I agree that this is not production ready tech, but still parent does make a good point. I think those two similar comments are downvoted just because people here don't agree with them.

Suppose you make an autopilot in JS running on Electron on WinXP, running on VM on top of Puppy Linux Live CD. And you still manage to prove that your system is 100x more reliable than human driver. Should it be dismissed just because we don't agree with technology stack? The latency of this monstrosity would still be lower than human driver and maybe they would stay lower throughout the operation.

terryf · on Dec 1, 2016

This doesn't have anything to do with latency really. It's about predictability. Given the system you described, there are so many edge cases that can potentially compound, that it is impossible to make any predictability guarantees about the system.

As an example, I worked on an embedded system that controlled electrical motors that was hard real time. The fast task time interval was once per millisecond. No matter what, that got called by the RTOS exactly 1000 times per second. When it didn't finish it's job in time, the result could easily wreck real world items or cause harm to people. Nobody even considered using interpreted languages in that project. The fast tasks all had provably run in much less than a millisecond. That means no loops that could be unbounded, no memory allocations, no recursion, no writing to flash, anything that was even slightly unpredictable was out.

So, even if you could prove that your system caused less accidents than a human driver when it was running well, it would be impossible to do an analysis that defined under what circumstances the system would be running well. Given that, it would not be allowed in a well-engineered real time or safety critical system.

jeffbush · on Dec 1, 2016

"And you still manage to prove that your system is 100x more reliable than human driver."

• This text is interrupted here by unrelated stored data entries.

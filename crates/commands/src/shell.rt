//! The program over a runtime: its words, its files, its terminal and its threads.

use crate::shell_tools::{Complaints, run_ask, run_blink, run_listen, run_probe};
use buslink::{Bus, Clock};
use commandcodes::{serve_check_code, serve_code, serve_event, serve_frames};
use commandline::{Invocation, Tool};
use commandlives::{
    Departure, Grounds, LiveStop, Notice, Site, Storage, ToolLine, serve_live, status_of_live,
};
use commandoptions::{LineWord, LiveFiles, LiveOptions, PlayFiles, RunSize};
use commandpaths::{PathFault, check_invocation};
use commandplays::{serve_look, serve_play, serve_run, status_of_run};
use commandtexts::{DiskFault, ExitStatus, HostDisk, KeptNote, Unserved, serve, serve_question};
use printout::Printout;
use std::rt::{Env, Files};
use std::sync::Wait;
use std::thread::Threads;
use std::time::Clock as Timer;
use std::{env, io};

/// Reads the command line and does what it asks for. `threads` is the runtime whose threads the
/// commands `run` and `live` take, and whose locks and clock; `site` is where the lines of `live`
/// are opened. No other command asks for them.
pub fn run<R, T, S>(rt: &R, threads: &T, site: &S) -> ExitStatus
where
    R: Files + Env + Print + Eprint + AllocGlobal,
    T: Threads + Wait + Timer + Sync,
    S: Site + Storage + Sync,
{
    let words = match words(rt) {
        Ok(words) => words,
        Err(error) => return no_words(rt, &error),
    };
    match invocation_in(rt, &words) {
        Ok(invocation) => run_invocation(rt, threads, site, &invocation),
        Err(status) => status,
    }
}

/// The words of the command line, the program's name first.
///
/// # Errors
///
/// One of them is not UTF-8 (`InvalidData`), the allocator is out of memory, or they cannot be
/// read.
fn words<R: Env + AllocGlobal>(rt: &R) -> io::Result<Vec<String>> {
    let mut words = Vec::new(rt.alloc());
    for word in env::args(rt)? {
        words.push(word)?;
    }
    Ok(words)
}

/// Reports that the words of the command line are not there.
fn no_words<R: Print + Eprint>(rt: &R, error: &io::Error) -> ExitStatus {
    match error.kind() {
        io::ErrorKind::OutOfMemory => no_memory(rt),
        io::ErrorKind::InvalidData => not_text(rt),
        _ => ExitStatus::Failed,
    }
}

/// What the words ask for.
///
/// # Errors
///
/// How the program ends, once the help, the version or what is wrong with the words is printed.
fn invocation_in<'w, R: Print + Eprint + AllocGlobal>(
    rt: &R,
    words: &'w [String],
) -> Result<Invocation<'w>, ExitStatus> {
    let error = match commandline::read(rt.alloc(), words) {
        Ok(invocation) => return Ok(invocation),
        Err(error) => error,
    };
    Err(match ExitStatus::of_words(error.kind()) {
        ExitStatus::Failed => no_memory(rt),
        ExitStatus::Accepted => match error.print(rt) {
            Ok(()) => ExitStatus::Accepted,
            Err(error) => not_printed(rt, &error),
        },
        status => match commandline::said(rt.alloc(), &error) {
            Ok(said) => printed(rt, eprint!(rt; "{said}"), status),
            Err(_) => status,
        },
    })
}

/// Serves an invocation from the machine's files, or a building from its devices.
fn run_invocation<R, T, S>(rt: &R, threads: &T, site: &S, invocation: &Invocation) -> ExitStatus
where
    R: Files + Print + Eprint + AllocGlobal,
    T: Threads + Wait + Timer + Sync,
    S: Site + Storage + Sync,
{
    if let Err(fault) = check_invocation(rt, rt.alloc(), invocation) {
        return misplaced(rt, &fault);
    }
    match invocation {
        Invocation::Run { files, size } => run_scenario(rt, threads, *files, *size),
        Invocation::Live {
            files,
            lines,
            options,
        } => run_building(rt, threads, site, *files, lines, options),
        Invocation::Tool(tool) => run_tool(rt, threads, site, tool),
        _ => serve_files(rt, invocation),
    }
}

/// Serves an invocation that asks for files alone. One that asks for threads or lines does nothing
/// here.
fn serve_files<R: Files + Print + Eprint + AllocGlobal>(
    rt: &R,
    invocation: &Invocation,
) -> ExitStatus {
    let alloc = rt.alloc();
    let disk = HostDisk { rt };
    let out = io::writer(rt);
    let mut complaints = Complaints { rt };
    let served = match invocation {
        Invocation::Ask(inquiry) => serve(alloc, &disk, out, &mut complaints, *inquiry),
        Invocation::Play {
            files,
            limit,
            shows,
        } => serve_play(alloc, &disk, out, &mut complaints, *files, *limit, shows),
        Invocation::Look {
            files,
            options,
            watches,
        } => serve_look(alloc, &disk, out, rt, *files, *options, watches),
        Invocation::Tell { files, question } => {
            serve_question(alloc, &disk, out, &mut complaints, *files, *question)
        }
        Invocation::Code { files, task, to } => {
            serve_code(alloc, &disk, out, &mut complaints, *files, *task, *to)
        }
        Invocation::CheckCode { path } => serve_check_code(alloc, &disk, out, *path),
        Invocation::Frame { words } => serve_frames(rt, alloc, out, &mut complaints, *words),
        Invocation::EventLine {
            binding,
            source,
            information,
        } => serve_event(
            alloc,
            &disk,
            out,
            &mut complaints,
            *binding,
            *source,
            *information,
        ),
        Invocation::Run { .. } | Invocation::Live { .. } | Invocation::Tool(_) => {
            return ExitStatus::Accepted;
        }
    };
    ended(rt, served)
}

/// How the program ends by what a command came to; why one is not served is reported.
fn ended<R: Print + Eprint, W: Drop>(
    rt: &R,
    served: Result<(W, ExitStatus), Unserved>,
) -> ExitStatus {
    match served {
        Ok((_, status)) => status,
        Err(unserved) => not_served(rt, unserved),
    }
}

/// Does what is asked for at one line.
fn run_tool<R: Files + Print + Eprint + AllocGlobal, T: Timer, S: Site + Storage>(
    rt: &R,
    timer: &T,
    site: &S,
    tool: &Tool,
) -> ExitStatus {
    match *tool {
        Tool::Probe {
            line,
            patience,
            against,
            record,
            is_json,
        } => {
            let at = ToolLine { line, patience };
            run_probe(rt, site, at, against, record, is_json)
        }
        Tool::Listen {
            line,
            patience,
            binding,
            record,
            end,
        } => {
            let at = ToolLine { line, patience };
            run_listen(rt, timer, site, at, binding, record, end)
        }
        Tool::Blink {
            line,
            patience,
            address,
        } => run_blink(rt, timer, site, ToolLine { line, patience }, address),
        Tool::Request {
            line,
            patience,
            words,
        } => run_ask(rt, site, ToolLine { line, patience }, words),
    }
}

/// Runs a scenario in threads.
fn run_scenario<R: Files + Print + Eprint + AllocGlobal, T: Threads + Wait + Timer + Sync>(
    rt: &R,
    threads: &T,
    files: PlayFiles,
    size: RunSize,
) -> ExitStatus {
    let disk = HostDisk { rt };
    let mut complaints = Complaints { rt };
    let out = io::writer(rt);
    match serve_run(
        threads,
        rt.alloc(),
        &disk,
        out,
        &mut complaints,
        files,
        size,
    ) {
        Ok((_, end)) => status_of_run(&end),
        Err(unserved) => not_served(rt, unserved),
    }
}

/// Runs a building over the lines of a site.
fn run_building<R, T, S>(
    rt: &R,
    threads: &T,
    site: &S,
    files: LiveFiles,
    lines: &[LineWord],
    options: &LiveOptions,
) -> ExitStatus
where
    R: Files + Print + Eprint + AllocGlobal,
    T: Threads + Wait + Timer + Sync,
    S: Site + Storage + Sync,
{
    let notice = HostNotice { rt };
    let grounds = Grounds {
        site,
        notice: &notice,
    };
    let disk = HostDisk { rt };
    let out = io::writer(rt);
    match serve_live(
        threads,
        rt.alloc(),
        &disk,
        &grounds,
        out,
        files,
        lines,
        options,
    ) {
        Ok((_, end)) => status_of_live(&end),
        Err(unserved) => not_served(rt, unserved),
    }
}

/// The machine's standard error, which is told what is about to run, and why a building does not
/// run.
#[derive(Clone, Copy)]
pub(crate) struct HostNotice<'a, R> {
    pub rt: &'a R,
}

impl<R: Eprint> Notice for HostNotice<'_, R> {
    ghost use Rattle.std.specs.Prelude.{⊤};

    ghost is_told = { λ _ _. ⊤ };

    fn departs<B: Bus, C: Clock>(&self, departure: &Departure<B, C>) -> io::Result<()> {
        eprint!(self.rt; "{departure}")
    }

    fn begins(&self, note: &KeptNote) -> io::Result<()> {
        eprint!(self.rt; "{note}")
    }

    fn hints(&self, hint: Printout) -> io::Result<()> {
        hint.write_to(&mut Complaints { rt: self.rt })
    }

    fn halts(&self, stop: &LiveStop) -> io::Result<()> {
        eprintln!(self.rt; "{stop}")
    }
}

/// Reports why a command is not served.
pub(crate) fn not_served<R: Print + Eprint>(rt: &R, unserved: Unserved) -> ExitStatus {
    let told = match unserved {
        Unserved::NotRead {
            why: DiskFault::Memory,
            ..
        }
        | Unserved::NotWritten {
            why: DiskFault::Memory,
            ..
        } => return no_memory(rt),
        Unserved::NotRead { path, why } => {
            let why = reason_of(why);
            eprintln!(rt; "cannot read {path}: {why}")
        }
        Unserved::NotWritten { path, .. } => eprintln!(rt; "cannot write {path}"),
        Unserved::NotPrinted(error) => return not_printed(rt, &error),
    };
    printed(rt, told, ExitStatus::Failed)
}

/// Why a file was not read, as it is printed.
fn reason_of(why: DiskFault) -> &'static str {
    match why {
        DiskFault::Memory => "no memory",
        DiskFault::Absent => "no such file",
        DiskFault::Denied => "permission denied",
        DiskFault::Folder => "it is a folder",
        DiskFault::Failed => "an input error",
    }
}

/// Reports that a command may not write where it is to.
fn misplaced<R: Print + Eprint>(rt: &R, fault: &PathFault) -> ExitStatus {
    match fault {
        PathFault::Memory => no_memory(rt),
        _ => printed(rt, eprintln!(rt; "{fault}"), ExitStatus::Misused),
    }
}

/// Reports that a word of the command line is not text.
fn not_text<R: Print + Eprint>(rt: &R) -> ExitStatus {
    printed(
        rt,
        eprintln!(rt; "error: an argument is not UTF-8"),
        ExitStatus::Misused,
    )
}

/// Reports that standard output took nothing, since it is full or closed or memory was refused.
pub(crate) fn not_printed<R: Print + Eprint>(rt: &R, error: &io::Error) -> ExitStatus {
    match error.kind() {
        io::ErrorKind::OutOfMemory => no_memory(rt),
        _ => no_output(rt),
    }
}

/// Reports that the allocator is out of memory.
pub(crate) fn no_memory<R: Print + Eprint>(rt: &R) -> ExitStatus {
    match println!(rt; "no memory") {
        Ok(()) => ExitStatus::Failed,
        Err(_) => no_output(rt),
    }
}

/// Reports that standard output takes nothing.
fn no_output<R: Eprint>(rt: &R) -> ExitStatus {
    let _told = eprintln!(rt; "cannot write standard output");
    ExitStatus::Failed
}

/// The exit status, where what it goes with was printed on standard error. Wrong usage is wrong
/// usage also where the message of it cannot be printed.
fn printed<R: Print + Eprint>(rt: &R, done: io::Result<()>, status: ExitStatus) -> ExitStatus {
    match (done, status) {
        (Ok(()), _) | (Err(_), ExitStatus::Misused) => status,
        (Err(error), _) => match error.kind() {
            io::ErrorKind::OutOfMemory => no_memory(rt),
            _ => ExitStatus::Failed,
        },
    }
}
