//! Wrong bodies that the contracts of the bus crates rule out. Each function here calls the real
//! one at an input where a wrong body answers otherwise, and is proved from that one's contract
//! alone. So it stays proved only while the contract refuses the wrong body, which its comment
//! names.
//!
//! What crosses the boundary: nothing that a program calls. The functions are the statements, and
//! each can be read by itself: the first to read is [`one_return_ends_a_line`].
//!
//! ```text
//! one_return_ends_a_line() // 2: the first line of x CR CR LF has two bytes
//! ```
#![tactic(auto)]

pub mod bindings;
pub mod clocks;
pub mod events;
pub mod frames;
pub mod lines;
pub mod mending;
pub mod performing;
pub mod scenarios;
pub mod simulated;
pub mod traces;
pub mod transactions;
pub mod words;
pub mod writing;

That's the rub: how do you prove that? If your software stack is 30 million lines of code that was written by god knows who, I would argue it's nigh impossible without releasing it and seeing what happens, which seems morally irresponsible and legally negligent. If you follow strict rules in coding conventions and algorithms, it's easier to statically verify code is probably correct.

savanaly · on Dec 1, 2016

The more relevant question is not do they but if they could would we want them to?

breck · on Nov 30, 2016

Why not?

We entrust humans with operating cars right now. Humans in a sense are running a general purpose OS.

dsr_ · on Nov 30, 2016

If you read enough security literature, eventually you'll come across the notion of a "trusted system". And your first impression will be that this is a system which is fully debugged and tested and you can trust it to do its job within specifications.

But you couldn't be more wrong. A trusted system is one which you have to trust. No representations are made about whether you should or not.

Humans are frequently trusted systems.

andars · on Nov 30, 2016

This is not relevant. If a corporation builds a product that kills people, the corporation is responsible. No corporation is responsible for the behaviour of humans.

tptacek · on Dec 1, 2016

No hundred humans are running the exact same OS that can deadlock or crash and as a result drive off the road, which is why this trope about humans being worse than computers at driving is entirely irrelevant to a thread about why it's unwise to try to build self-driving cars on top of Python scripts.

breck · on Dec 5, 2016

My take of the OP's point was that the deep general stack was unnecessary and decreased reliability. My read was that they think your self driving car software shouldn't also be able to run arbitrary python scripts. My argument is that it's practically irrelevant to reliability. I would not be surprised if in the future you could download an app to your iPhone, connect your phone to your car, and have the app drive your car. Sure, maybe having a specialized real time o.s. without any higher level interpreters could be more reliable in the early days, but the gains from rapid iteration you'd get from allowing cars to be driven by apps running on higher level abstractions would be worth the trade off, and over time the latter could be iterated upon to achieve practically the same reliability as over-engineered systems.